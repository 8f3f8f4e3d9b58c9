//! What comes of the answer to a request of the adapter.
ghost use Rattle.std.specs.Prelude.{◌≡◌, ◌+◌, ◌<◌, ◌≤◌, ◌++◌, IfOk, IfErr, IfNone, OnOk, OnErr, IsTrue, length, None};
ghost use Rattle.dap_frame.specs.Written.{frame_of};
ghost use Rattle.dap_json.specs.Field.{max_seq};
ghost use Rattle.dap_envelope.specs.Canon.{canon};
ghost use Rattle.dap_envelope.specs.ReadBack.{ReadsBack};
ghost use Rattle.dap_tables.specs.Outstanding.{contains_seq};
ghost use Rattle.dap_client.specs.TerminalResponse.{is_plain_terminal, terminal_response, next_terminal_response, terminal_response_bytes, first_terminal_refusal, after_terminal_response};
ghost use Rattle.dap_client.specs.Keeping.{IsWhyNotAnswered};

use crate::fault::AnswerFault;
use crate::session::Session;
use crate::terminal::Terminal;
use dap_body::{Body, Failure};
use dap_call::RUN_IN_TERMINAL;
use dap_frame::frame_from;
use dap_message::laws::fixed_messages_are_short;
use dap_message::{append_answer, append_failure};
use std::alloc::{AllocError, Global};

/// Appends the text of the response, or changes nothing.
fn append_response(
    alloc: Global,
    out: &mut Vec<u8>,
    number: u64,
    request_seq: u64,
    terminal: Terminal,
) -> Result<(), AllocError>
    requires plain { IsTrue (is_plain_terminal terminal) }
    requires number { number ≤ max_seq }
    requires request { request_seq ≤ max_seq }
    ensures text { OnOk result (out.new.items ≡ out.old.items ++ canon (terminal_response number request_seq terminal)) }
    ensures reads_back { OnOk result (ReadsBack 1024 (terminal_response number request_seq terminal)) }
{
    // A law for the proof: a failure, and a success of a fixed shape, are short.
    fixed_messages_are_short();
    match terminal {
        Terminal::Started {
            process_id,
            shell_process_id,
        } => {
            let body = Some(Body::RunInTerminal {
                process_id,
                shell_process_id,
            });
            append_answer(alloc, out, number, request_seq, RUN_IN_TERMINAL, &body)
        }
        Terminal::Refused => append_failure(
            alloc,
            out,
            number,
            request_seq,
            RUN_IN_TERMINAL,
            Failure::TerminalRefused,
        ),
    }
}

impl Session {
    /// The first refusal of an answer.
    fn terminal_refusal(&self, closed: bool, request_seq: u64) -> Option<AnswerFault>
        ensures first { result ≡ first_terminal_refusal request_seq closed self.now }
        ensures kept { IfNone result (IsTrue (contains_seq request_seq self.now.incoming)) }
        ensures left { IfNone result (self.now.used < self.now.limits.seq) }
    {
        if closed {
            return Some(AnswerFault::Ended);
        }
        if !self.incoming.contains(request_seq) {
            return Some(AnswerFault::NotKept);
        }
        if self.numbers.left() == 0 {
            return Some(AnswerFault::SeqExhausted);
        }
        None
    }

    /// Ends the waiting of a request of the adapter, by a message that takes a number.
    fn settle_incoming(&mut self, request_seq: u64)
        requires { self.old.used < self.old.limits.seq }
        ensures { self.new ≡ after_terminal_response request_seq self.old }
    {
        let _ = self.incoming.take(request_seq);
        let _ = self.numbers.next();
    }

    /// Answers a request of the adapter, or refuses to.
    pub(crate) fn answer(
        &mut self,
        alloc: Global,
        closed: bool,
        request_seq: u64,
        terminal: Terminal,
    ) -> Result<Vec<u8>, AnswerFault>
        requires { IsTrue (is_plain_terminal terminal) }
        ensures limits { self.new.limits ≡ self.old.limits }
        ensures answered { OnOk result (first_terminal_refusal request_seq closed self.old ≡ None) }
        ensures bytes { IfOk result (λ bytes. bytes.items ≡ terminal_response_bytes self.old request_seq terminal) }
        ensures session { OnOk result (self.new ≡ after_terminal_response request_seq self.old) }
        ensures reads_back { OnOk result (ReadsBack self.old.limits.body (next_terminal_response self.old request_seq terminal)) }
        ensures refused { IfErr result (λ fault. IsWhyNotAnswered fault request_seq closed self.old) }
        ensures unchanged { OnErr result (self.new ≡ self.old) }
    {
        match self.terminal_refusal(closed, request_seq) {
            Some(fault) => return Err(fault),
            None => {}
        }
        let _most = self.limits.body();
        let mut bytes = Vec::new(alloc);
        append_response(alloc, &mut bytes, self.next_seq(), request_seq, terminal)?;
        frame_from(&mut bytes, 0)?;
        self.settle_incoming(request_seq);
        Ok(bytes)
    }
}
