impl Client {
    /// A fresh end: nothing was sent, and nothing came.
    pub fn open(alloc: Global, limits: Limits) -> Result<Client, AllocError>
        ensures session { IfOk result (λ c. c.session ≡ fresh_session limits) }
        ensures fault { IfOk result (λ c. c.fault ≡ None) }
        ensures stands { IfOk result (λ c. StandsFor c [] []) }
    {
        each_step_goes_on();
        each_step_stays_within();
        let reader = MessageReader::open(alloc, &limits)?;
        let session = Session::open(alloc, limits)?;
        Ok(Client {
            session,
            reader,
            fault: None,
        })
    }

    /// How many requests that were sent are not answered yet.
    pub fn outstanding(&self) -> usize
        ensures count { result ≡ length self.now.session.outstanding }
        ensures bound { result ≤ self.now.session.limits.requests }
        ensures waiting { OfEachHistory self.now (λ h. result ≡ length (waiting Went h)) }
    {
        self.session.outstanding()
    }

    /// How many requests of the adapter are kept, which wait for `answer`.
    pub fn incoming(&self) -> usize
        ensures count { result ≡ length self.now.session.incoming }
        ensures bound { result ≤ self.now.session.limits.requests }
        ensures waiting { OfEachHistory self.now (λ h. result ≡ length (waiting Came h)) }
    {
        self.session.incoming()
    }

    /// The number of the oldest one, if one is kept; `answer` takes any of them.
    pub fn oldest_incoming(&self) -> Option<u64>
        ensures oldest { result ≡ oldest_of self.now.session.incoming }
        ensures waiting { OfEachHistory self.now (λ h. result ≡ oldest_asked (waiting Came h)) }
    {
        self.session.oldest_incoming()
    }

    /// How many references are known: those that the adapter gave in this stop, each counted once by kind and number.
    pub fn references(&self) -> usize
        ensures count { result ≡ length self.now.session.seen.known }
        ensures bound { result ≤ self.now.session.limits.references }
        ensures given { OfEachHistory self.now (λ h. result ≡ length (references_in h)) }
    {
        self.session.references()
    }

    /// The flags of the last success of `initialize`, changed by each `capabilities` event after it; before a success,
    /// those that such events named.
    pub fn capabilities(&self) -> Capabilities
        ensures value { result ≡ self.now.session.seen.capabilities }
        ensures seen { OfEachHistory self.now (λ h. result ≡ capabilities_in h) }
    {
        self.session.capabilities()
    }

    /// Whether the event `initialized` came.
    pub fn ready(&self) -> bool
        ensures value { result ≡ self.now.session.seen.ready }
        ensures seen { OfEachHistory self.now (λ h. result ≡ ready_in h) }
    {
        self.session.ready()
    }

    /// How far the session is. A fault leaves the phase as it was.
    pub fn phase(&self) -> Phase
        ensures value { result ≡ self.now.session.seen.phase }
        ensures seen { OfEachHistory self.now (λ h. result ≡ phase_in h) }
    {
        self.session.phase()
    }

    /// The bytes held of the frame under way. After a fault there are none.
    pub fn held(&self) -> usize
        ensures held { result ≡ length self.now.intake.held }
        ensures bounded { result ≤ max self.now.session.limits.header self.now.session.limits.body }
        ensures closed { IfSome self.now.fault (λ fault. result ≡ 0) }
    {
        let _ = &self.fault;
        self.reader.held()
    }

    /// Sends a call: the framed request, with the next own number. A refused call changes nothing, and the client goes on.
    ///
    /// # Errors
    /// The first of these that holds: `Ended` after `disconnect` was sent or a fault closed the client; `WrongPhase` where
    /// the phase does not let the command be sent, and it does not merely wait for a stop; `NotSupported` where the adapter
    /// does not offer it; `NotStopped` where it is sent in a stop alone and the debuggee runs or resumes;
    /// `UnknownReference` where a reference among the arguments is not known; `TooLarge` where the body would be longer than
    /// its limit; `Full` where as many requests are outstanding as may be; `SeqExhausted` where no own number is left.
    /// `OutOfMemory` where memory for the request is refused: never where one of the first five holds.
    pub fn send(&mut self, alloc: Global, call: &Call) -> Result<Sent, SendFault>
        requires plain { IsTrue (is_plain_call call.now) }
        ensures sent { OnOk result (refusal_of call.now self.old ≡ None) }
        ensures seq { IfOk result (λ sent. sent.seq ≡ self.old.session.used + 1) }
        ensures bytes { IfOk result (λ sent. sent.bytes.items ≡ request_bytes self.old call.now) }
        ensures session { OnOk result (self.new ≡ client_after_sending call.now self.old) }
        ensures reads_back { OnOk result (IsRequestReadBack self.old call.now) }
        ensures goes_on { OnOk result (GoesOnBySending self.old call.now self.new) }

        // Why it is refused; then nothing has changed.
        ensures refused { IfErr result (λ fault. NotSent fault call.now self.old) }
        ensures unchanged { OnErr result (self.new ≡ self.old) }
    {
        histories_grow();
        each_step_goes_on();
        each_step_stays_within();
        let closed = self.fault.is_some();
        self.session.send(alloc, closed, call)
    }

    /// Answers a request of the adapter that is kept: the framed response, with the next own number. It is kept no longer. A
    /// refused answer changes nothing, and the client goes on. What it asks is told by [`Terminal::plain`].
    ///
    /// # Errors
    /// The first of these that holds: `Ended` after a fault closed the client (not after `disconnect` was sent); `NotKept`
    /// where no request of the adapter with that number is kept; `SeqExhausted` where no own number is left.
    /// `OutOfMemory` where memory for the response is refused: never where one of the others holds.
    pub fn answer(
        &mut self,
        alloc: Global,
        request_seq: u64,
        terminal: Terminal,
    ) -> Result<Vec<u8>, AnswerFault>
        requires plain { IsTrue (is_plain_terminal terminal) }
        ensures answered { OnOk result (answer_refusal_of request_seq self.old ≡ None) }
        ensures bytes { IfOk result (λ b. b.items ≡ answer_bytes self.old request_seq terminal) }
        ensures session { OnOk result (self.new ≡ client_after_answering request_seq self.old) }
        ensures reads_back { OnOk result (IsAnswerReadBack self.old request_seq terminal) }
        ensures goes_on { OnOk result (GoesOnByAnswering self.old request_seq terminal self.new) }

        // Why it is refused; then nothing has changed.
        ensures refused { IfErr result (λ fault. NotAnswered fault request_seq self.old) }
        ensures unchanged { OnErr result (self.new ≡ self.old) }
    {
        histories_grow();
        each_step_goes_on();
        each_step_stays_within();
        let closed = self.fault.is_some();
        self.session.answer(alloc, closed, request_seq, terminal)
    }

    /// Uses the bytes of a piece up to the end of one frame at most, and delivers the message that becomes whole.
    ///
    /// A response ends the waiting of the request that it answers, and a success in a stop makes its references known. A
    /// request of the adapter is kept for `answer`, in every phase, where it asks for a terminal, the last `initialize` that
    /// was sent says that the client runs terminals, its arguments are good, and fewer are kept than may be. Else it is
    /// answered at once, by the first of `unsupported`, `badArguments` and `busy` that holds. An event changes what it says.
    /// Any other message has no effect.
    ///
    /// # Errors
    /// `Frame` and `Body` where the framing or a body is refused, at the offset of the refused frame; `Unmatched` for a
    /// response to a number that no outstanding request has; `CommandMismatch` where that request has another command;
    /// `ReferenceLimit` where more references would be known than may be; `RepeatedSeq` for a request of the adapter with the
    /// number of one that is kept; `SeqExhausted` where one is to be answered at once and no own number is left; `OutOfMemory` where memory is refused once a body is whole: a piece that
    /// makes no frame whole takes none. Then the tables are as they were, every later `take` answers it again, and `send`
    /// and `answer` answer `Ended`.
    pub fn take(&mut self, alloc: Global, piece: &[u8]) -> Result<Got, ClientFault>
        ensures takes { IfOk result (λ got. Takes self.old piece.now got got.delivered self.new) }
        ensures progress { IfOk result (λ got. 0 < length piece.now → 0 < got.used) }
        ensures within { IfOk result (λ got. got.used ≤ length piece.now) }
        ensures open { OnOk result (self.new.fault ≡ None) }
        ensures limits { self.new.session.limits ≡ self.old.session.limits }

        // Why it is refused; then the tables are as they were, and nothing is held.
        ensures refused { IfErr result (PieceNotTaken self.old piece.now) }
        ensures tables { OnErr result (self.new.session ≡ self.old.session) }
        ensures held { OnErr result (self.new.intake.held ≡ []) }
        ensures latches { IfErr result (λ fault. self.new.fault ≡ Some fault) }
        ensures latched { StaysClosed self.old.fault result self.old self.new }
    {
        if let Some(fault) = self.fault {
            return Err(fault);
        }
        histories_grow();
        each_step_goes_on();
        each_step_stays_within();
        read_is_in_range();
        match receive(alloc, &mut self.reader, &mut self.session, piece) {
            Ok(got) => Ok(got),
            Err(fault) => {
                self.reader.close();
                self.fault = Some(fault);
                Err(fault)
            }
        }
    }

    /// Takes bytes of a piece up to its next message, and delivers that; `piece` is what is left. `None` where all is used.
    /// What is to be written is appended to `out`. A program calls it until it answers `None`, for each piece that comes.
    ///
    /// # Errors
    /// Those of [`Client::take`], at which the tables are as they were; and `OutOfMemory` where memory is refused for `out`:
    /// the message was taken, and is not delivered, and what was to be written for it is lost. At each, `out` and `piece` are
    /// as they were, and the client is closed.
    pub fn next(
        &mut self,
        alloc: Global,
        piece: &mut &[u8],
        out: &mut Vec<u8>,
    ) -> Result<Option<Message>, ClientFault>
        ensures gives { IfOk result (NextIs self.old piece.old out.old self.new piece.new out.new) }
        ensures progress { OnOk result (Shortens piece.old.now piece.new.now) }
        ensures some { IfOk result (ShortensWith piece.old.now piece.new.now) }
        ensures none { WhereIdle self.old piece.old.now (result ≡ Ok None) }
        ensures idle { WhereIdle self.old piece.old.now (self.new ≡ self.old) }
        ensures idle_piece { WhereIdle self.old piece.old.now (piece.new ≡ piece.old) }
        ensures idle_out { WhereIdle self.old piece.old.now (out.new ≡ out.old) }
        ensures all { IfOk result (λ message. message ≡ None → piece.new.now ≡ []) }
        ensures open { OnOk result (self.new.fault ≡ None) }
        ensures limits { self.new.session.limits ≡ self.old.session.limits }

        // Why it is refused; then nothing is appended, and nothing is held.
        ensures refused { IfErr result (NextNotGiven self.old piece.old.now self.new) }
        ensures piece { OnErr result (piece.new.now ≡ piece.old.now) }
        ensures out { OnErr result (out.new.items ≡ out.old.items) }
        ensures held { OnErr result (self.new.intake.held ≡ []) }
        ensures latches { IfErr result (λ fault. self.new.fault ≡ Some fault) }
        ensures latched { StaysClosed self.old.fault result self.old self.new }
    {
        if let Some(fault) = self.fault {
            return Err(fault);
        }
        if piece.is_empty() {
            return Ok(None);
        }
        let got = match self.take(alloc, piece) {
            Ok(got) => got,
            Err(fault) => return Err(fault),
        };
        let Got {
            used,
            delivered,
            bytes,
        } = got;
        if let Err(_) = append(out, &bytes) {
            self.reader.close();
            self.fault = Some(ClientFault::OutOfMemory);
            return Err(ClientFault::OutOfMemory);
        }
        let (_, rest) = piece.split_at(used);
        *piece = rest;
        Ok(delivered)
    }
}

----------

Goal of the exercise:
The answer should be an exact copy of the lines from the one containing "let (_, rest) = piece.split_at(used);" through the last line of the entries, both included.

Answer to the exercise:
        let (_, rest) = piece.split_at(used);
        *piece = rest;
        Ok(delivered)
    }
}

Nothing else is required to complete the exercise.